The template Saha wants United to follow

When Saha describes the kind of forward he would really like to see, he reaches for a different template. He talks about Kylian Mbappé — not as a realistic target, but as a type. Explosive, mobile, unpredictable. Someone who can orbit around a focal point rather than duplicate it.

He points to Olivier Giroud’s role for Mbappé with France: the classic No.9 who occupies defenders and creates room for the runner, the dribbler, the chaos agent. That, Saha insists, is a formula United know well.

He reels off the names. Dwight Yorke buzzing around Andy Cole. A support act rotating around Ruud van Nistelrooy. Partnerships built on contrast, not similarity. Combinations that worked across eras, across managers, across tactical fashions.

“This type of player, this is where Manchester United have always been dangerous,” Saha said. A striker to pin, a striker to roam. One to finish, one to disturb. For him, that is not nostalgia. It is a blueprint.

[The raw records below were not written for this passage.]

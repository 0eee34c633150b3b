//! A list of subtrees, one beside the other: two records for each, its low key and then the number of its first block.
//!
//!     (0, 0, 0, 0) (17, 0, 0, 0)   (9, 0, 0, 0) (4, 0, 0, 0)    from the least key on block 17, from 9 on block 4
//!
//! Kept here: a list that is written has two records for each subtree. Left to who reads one: that low keys rise.

ghost use Rattle.std.specs.Prelude.{◌≡◌, ◌+◌, ◌<◌, ◌≤◌, ◌^◌, [], true, IsTrue};
ghost use Rattle.em_space.specs.Rig.{Sound};
ghost use Rattle.em_space.specs.Seen.{seen};
ghost use Rattle.em_chain.specs.Reader.{IsReader, ReaderHasFrame};
ghost use Rattle.em_chain.specs.Writer.{IsWriter, WriterHasFrame};
ghost use Rattle.em_balance.specs.Node.{entry_to};
ghost use Rattle.em_tree_raise.specs.Listing.{ListingCosts, ListsSubtree};
ghost use Rattle.em_tree_raise.specs.Subtrees.{HasLeft, ReadsNext, ReadsSubtree};

use em_chain::{Chain, Reader, Writer};
use em_frames::Device;
use em_node::Entry;
use em_record::Record;
use em_space::{EmFault, Rig};

/// Adds a subtree to a list that is being written, by two records.
pub fn list_subtree<D: Device>(
    rig: &mut Rig<'_, D>,
    list: &mut Writer,
    low: Record,
    block: u64,
) -> Result<(), EmFault>
    requires sound { Sound (seen D.state rig.old) }
    requires is { IsWriter (seen D.state rig.old) list.old }
    requires count { list.old.count + 2 ≤ 2 ^ 56 }
    requires blocks { list.old.blocks + 2 ≤ 2 ^ 56 }
    requires free { 0 < (seen D.state rig.old).pool.free }
    ensures frame { WriterHasFrame (seen D.state rig.new) list.new }
    ensures lists { ListsSubtree (seen D.state rig.old) (seen D.state rig.new) list.old list.new low
        block result }
    ensures costs { ListingCosts (seen D.state rig.old) (seen D.state rig.new) list.old list.new
        result }
{
    list.append(rig, low)?;
    list.append(
        rig,
        Record {
            a: block,
            b: 0,
            c: 0,
            d: 0,
        },
    )
}

/// Reads the next subtree of a list, as an entry with nothing in its buffer. Over a device that doesn't tell, a list that
/// ends, or a block that the device doesn't have, is `Damaged`.
pub(crate) fn next_subtree<D: Device>(
    rig: &mut Rig<'_, D>,
    list: &mut Reader,
) -> Result<Entry, EmFault>
    requires sound { Sound (seen D.state rig.old) }
    requires is { IsReader (seen D.state rig.old) list.old }
    requires taking { list.old.taking ≡ true }
    requires left { IsTrue (seen D.state rig.old).device.told
        → HasLeft (seen D.state rig.old) list.old [] 1 }
    requires free { 0 < (seen D.state rig.old).pool.free }
    ensures frame { ReaderHasFrame (seen D.state rig.new) list.new }
    ensures reads { ReadsSubtree (seen D.state rig.old) (seen D.state rig.new) list.old list.new
        result }
{
    let low = next_record(rig, list)?;
    let words = next_record(rig, list)?;
    if words.a >= rig.blocks() {
        return Err(EmFault::Damaged { block: 0 });
    }
    Ok(subtree_at(low, words.a))
}

/// Reads the next record of a list. Over a device that doesn't tell, a list that ends is `Damaged`.
fn next_record<D: Device>(rig: &mut Rig<'_, D>, list: &mut Reader) -> Result<Record, EmFault>
    requires sound { Sound (seen D.state rig.old) }
    requires is { IsReader (seen D.state rig.old) list.old }
    requires taking { list.old.taking ≡ true }
    requires some { IsTrue (seen D.state rig.old).device.told → 0 < list.old.count }
    requires free { 0 < (seen D.state rig.old).pool.free }
    ensures frame { ReaderHasFrame (seen D.state rig.new) list.new }
    ensures reads { ReadsNext (seen D.state rig.old) (seen D.state rig.new) list.old list.new
        result }
{
    match list.next(rig)? {
        Some(item) => Ok(item),
        None => Err(EmFault::Damaged { block: 0 }),
    }
}

/// The entry for a subtree, with nothing in its buffer.
pub(crate) fn subtree_at(low: Record, block: u64) -> Entry
    requires { block < 2 ^ 40 }
    ensures { result ≡ entry_to low block }
{
    Entry {
        low,
        child: block + 1,
        buffer: Chain::empty().words(),
    }
}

Money, priorities and a calculated risk

Unlike some recent summers, United are not heading into this window short of funds. With the market opening on June 15, they will have money to address multiple areas — and the midfield, in particular, demands attention.

That is where the attraction of a free transfer grows sharper. Signing Lewandowski without a fee would allow Carrick and the recruitment team to pour resources into other problem zones while still adding one of the most decorated centre-forwards of his generation.

There is also the mentorship angle. Sesko is already scoring, already imposing himself, but he is far from the finished article. Training every day alongside Lewandowski, learning movement, timing, finishing habits from a master of the craft, could accelerate his development in ways no coaching drill can replicate.

Do that right, and United might avoid the need to spend another fortune on a “ready-made” No.9 in two or three years’ time. They would have grown their own, with elite guidance, under their own roof.

So the dilemma sharpens. Do United lean into the short-term punch of a 37-year-old legend whose numbers in Europe speak for themselves, accepting the stylistic overlap and the ticking clock? Or do they chase a different profile, one that stretches defences in new ways and revives the old Yorke-Cole, Van Nistelrooy dynamic Saha still swears by?

For a club stepping back into the Champions League spotlight, it is not just a transfer question. It is a statement of identity.